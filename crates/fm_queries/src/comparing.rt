// Whether an induced map is zero, one to one and onto.
ghost use Rattle.std.specs.Prelude.{IfOk, length, ◌≡◌, ◌≤◌};
ghost use Rattle.fm_ext.specs.Exts.{cocycles_matrix, ring_of};
ghost use Rattle.fm_graphs.specs.Graphs as runs;
ghost use Rattle.fm_graphs.specs.Trims as trims;
ghost use Rattle.fm_mat.specs.Matrices.{matrix_meaning};
ghost use Rattle.fm_plan.specs.Following.{FollowsPlan};
ghost use Rattle.fm_plan.specs.Queries as plans;
ghost use Rattle.fm_plan.specs.Queries.{compared};
ghost use Rattle.fm_queries.specs.Bases.{base_meaning};
ghost use Rattle.fm_queries.specs.Maps.{IsComparedOver, compared_value};

use crate::base::Base;
use fm_induced::{Fibre, Onto, is_one_to_one, is_onto, is_zero};
use fm_mat::Matrix;
use fm_run::{Stopped, Work};
use fm_syz::Inside;
use std::alloc::Global;

/// Whether the columns of a map's matrix lie in the image of the target's stable kernel, what it sends there, and the chain from its image.
#[derive(Drop)]
pub struct Compared {
    pub null: Inside,
    pub fibre: Fibre,
    pub onto: Onto,
}

/// The tasks `null`, `one`, and `onto 0`, `onto 1`, .. for the matrix of a map between the modules of two bases.
pub(crate) fn compare(
    alloc: Global,
    source: &Base,
    target: &Base,
    phi: &Matrix,
    work: &mut Work,
) -> Result<Compared, Stopped>
    requires some { 1 ≤ (ring_of source.now.ext).vars }
    requires few { (ring_of source.now.ext).vars ≤ 8 }
    requires ring { ring_of target.now.ext ≡ ring_of source.now.ext }
    requires ring_phi { phi.now.ring ≡ ring_of source.now.ext }
    requires rows { phi.now.rows ≡ length (cocycles_matrix target.now.ext).columns }
    requires count { length phi.now.columns ≡ length (cocycles_matrix source.now.ext).columns }
    ensures follows { let r = ring_of source.now.ext in
        (answer : runs.Inside r → trims.Preimage r × runs.Inside r → plans.Onto r → plans.Found r)
        → FollowsPlan (compared_value r answer) result work.old work.new
        (compared r (base_meaning r source.now) (base_meaning r target.now) (matrix_meaning r phi.now) answer work.old) }
    ensures over { IfOk result (IsComparedOver (ring_of source.now.ext) source.now target.now) }
{
    let kernel = target.stable_kernel();
    let null = is_zero(alloc, phi, kernel, work)?;
    let fibre = is_one_to_one(alloc, phi, kernel.matrix(), source.stable_kernel(), work)?;
    let ext = target.ext();
    let relations = ext.relations().generators().found();
    let onto = is_onto(alloc, relations, phi, ext.u(), work)?;
    Ok(Compared { null, fibre, onto })
}
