// How a task that stopped ends a query.
use crate::Unanswered;
use fm_run::{Name, Side, Stop, Stopped, Task};
use std::test::Fail;

#[test]
fn a_stop_ends_a_query_without_an_answer(rt: HostRuntime) -> Result<(), Fail> {
    let task = Task {
        side: Side::Target,
        name: Name::Chain,
        number: 3,
    };
    let ended = Unanswered::from(Stopped {
        task,
        stop: Stop::Budget,
    });
    assert!(rt;
        matches!(
            ended,
            Unanswered::Stopped(Stopped {
                task: Task { number: 3, .. },
                stop: Stop::Budget
            })
        )
    );
    Ok(())
}
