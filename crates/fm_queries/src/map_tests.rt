// A map between modules of ideals that are not nested is refused.
ghost use Rattle.std.specs.Prelude.{IfOk, length, ◌≡◌, ◌≤◌};
ghost use Rattle.fm_vec.specs.Components.{AreOver};

use crate::{Refusal, Unanswered, decide_map};
use fm_gfp::Prime;
use fm_mono::{EXPONENT_BOUND, Mono, Order};
use fm_poly::{Poly, Ring, Term};
use fm_run::Work;
use std::alloc::{AllocError, Global};
use std::test::Fail;

// The exponents of x, y, z and w.
type Exponents = [u32; 4];

const SPACE: Ring = Ring {
    prime: Prime::Two,
    vars: 4,
    order: Order::Grevlex,
};

// The monomial with these exponents, none of which passes the bound.
#[tactic(auto, using(fm_mono::proofs::Bounds::within_more))]
fn mono(exponents: Exponents) -> Mono
    ensures { length result ≡ 4 }
{
    let [x, y, z, w] = exponents;
    Mono::of(&[
        x.min(EXPONENT_BOUND),
        y.min(EXPONENT_BOUND),
        z.min(EXPONENT_BOUND),
        w.min(EXPONENT_BOUND),
    ])
}

fn monomial(alloc: Global, exponents: Exponents) -> Result<Poly, AllocError>
    ensures { IfOk result (λ f. f.ring ≡ SPACE) }
{
    let term = Term {
        mono: mono(exponents),
        coeff: SPACE.prime.element(1),
    };
    let f = Poly::from_terms(alloc, SPACE, &[term])?;
    Ok(f)
}

// The first nine of these monomials.
fn ideal(alloc: Global, monomials: &[Exponents]) -> Result<Vec<Poly>, AllocError>
    ensures over { IfOk result (λ out. AreOver SPACE out.items) }
    ensures few { IfOk result (λ out. length out.items ≤ 9) }
{
    let mut out = Vec::new(alloc);
    for i in 0..9_u32 {
        let Some(exponents) = monomials.get(i as usize) else {
            return Ok(out);
        };
        out.push(monomial(alloc, *exponents)?)?;
    }
    Ok(out)
}

// The number of the generator for which the map is refused.
fn refused(alloc: Global, source: &[Poly], target: &[Poly]) -> Option<u32>
    requires source { AreOver SPACE source.now }
    requires target { AreOver SPACE target.now }
    requires few_source { length source.now ≤ 9 }
    requires few_target { length target.now ≤ 9 }
{
    let mut work = Work::new(9999);
    match decide_map(alloc, SPACE, source, target, 1, &mut work) {
        Err(Unanswered::Refused(Refusal::NotContained { generator })) => Some(generator),
        _ => None,
    }
}

fn refused_for(
    alloc: Global,
    source: &[Exponents],
    target: &[Exponents],
) -> Result<Option<u32>, AllocError> {
    let source = ideal(alloc, source)?;
    let target = ideal(alloc, target)?;
    Ok(refused(alloc, &source, &target))
}

// x*y lies in (x), and y does not.
#[test]
fn a_map_is_refused_for_the_first_generator_outside(rt: HostRuntime) -> Result<(), Fail> {
    let outside = refused_for(rt.alloc(), &[[1, 0, 0, 0]], &[[1, 1, 0, 0], [0, 1, 0, 0]]);
    assert!(rt; matches!(outside, Ok(Some(2))));
    Ok(())
}
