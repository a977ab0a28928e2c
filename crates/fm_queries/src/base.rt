// Ext with its chain of kernels.
ghost use Rattle.std.specs.Prelude.{IfOk, length, ◌+◌, ◌<◌, ◌^◌, ◌≡◌, ◌≤◌};
ghost use Rattle.fm_ext.specs.Exts.{ring_of};
ghost use Rattle.fm_mat.specs.Matrices.{column_meaning};
ghost use Rattle.fm_plan.specs.Following.{FollowsPlan};
ghost use Rattle.fm_plan.specs.Queries as plans;
ghost use Rattle.fm_queries.specs.Bases.{IsBase, base_meaning, relations_graph, stable_graph};
ghost use Rattle.fm_resolve.specs.Resolutions.{resolution_value};
ghost use Rattle.fm_vec.specs.Components.{AreOver};

use fm_chain::{Chain, kernel_chain};
use fm_ext::{Ext, ext};
use fm_poly::{Poly, Ring};
use fm_resolve::{Resolution, resolve};
use fm_run::{Side, Stopped, Work};
use fm_syz::Graph;
use std::alloc::Global;
use std::marker::Model;

/// Ext^i(R/I, R) with its generating morphism, and the chain of kernels of the morphism, which begins with the relations.
#[derive(Drop)]
pub struct Base {
    ext: Ext,
    chain: Chain,
}

impl Model for Base {
    ghost use Rattle.fm_queries.specs.Bases.{BaseValue, IsBase};

    ghost Value = { BaseValue };

    ghost view = { λ b. record { ext = b.ext; chain = b.chain } };

    ghost invariant = { λ b. IsBase (record { ext = b.ext; chain = b.chain }) };
}

impl Base {
    pub fn ext(&self) -> &Ext
        ensures same { result.now ≡ self.now.ext }
        ensures base { IsBase self.now }
    {
        &self.ext
    }

    pub fn chain(&self) -> &Chain
        ensures same { result.now ≡ self.now.chain }
        ensures base { IsBase self.now }
    {
        &self.chain
    }

    /// The completed graph of the stable kernel K_t. It takes no memory.
    pub fn stable_kernel(&self) -> &Graph
        ensures same { result.now ≡ stable_graph self.entry.now }
        ensures base { IsBase self.entry.now }
    {
        self.chain
            .stable_kernel(self.ext.relations().generators().graph())
    }

    pub fn ring(&self) -> Ring
        ensures { result ≡ ring_of self.now.ext }
    {
        self.ext.ring()
    }
}

/// Ext of this degree of the ideal of the generators, with its chain: the tasks from `resolve 1` to the last `chain s`.
pub fn compute_base(
    alloc: Global,
    side: Side,
    ring: Ring,
    generators: &[Poly],
    degree: u8,
    work: &mut Work,
) -> Result<Base, Stopped>
    requires some { 1 ≤ ring.vars }
    requires few { ring.vars ≤ 8 }
    requires generators { AreOver ring generators.now }
    requires room { length generators.now + 1 < 2 ^ 32 }
    requires degree { degree < 255 }
    ensures follows { FollowsPlan (base_meaning ring) result work.old work.new
        (plans.base_plan ring side degree (column_meaning ring generators.now) work.old) }
    ensures ring { IfOk result (λ b. ring_of b.ext ≡ ring) }
{
    let resolution = resolve(alloc, side, ring, generators, degree, work)?;
    compute_base_of(alloc, side, resolution, degree, work)
}

/// The same from a resolution through the degree: the tasks from `lift 1` on.
pub fn compute_base_of(
    alloc: Global,
    side: Side,
    resolution: Resolution,
    degree: u8,
    work: &mut Work,
) -> Result<Base, Stopped>
    requires some { 1 ≤ resolution.first.matrix.ring.vars }
    requires few { resolution.first.matrix.ring.vars ≤ 8 }
    requires degree { length resolution.next ≡ degree }
    ensures follows { let r = resolution.first.matrix.ring in FollowsPlan (base_meaning r) result work.old work.new
        (plans.base_of r side degree (resolution_value r resolution) work.old) }
    ensures ring { IfOk result (λ b. ring_of b.ext ≡ resolution.first.matrix.ring) }
{
    let ext = ext(alloc, side, resolution, degree, work)?;
    let relations = ext.relations().generators().graph();
    let chain = kernel_chain(alloc, side, ext.u(), relations, work)?;
    let _links = chain.links();
    Ok(Base { ext, chain })
}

################

About this exercise
Check every line of the data above for the string "between", and copy those that have it.

Problem solution
/// The tasks `null`, `one`, and `onto 0`, `onto 1`, .. for the matrix of a map between the modules of two bases.
// A map between modules of ideals that are not nested is refused.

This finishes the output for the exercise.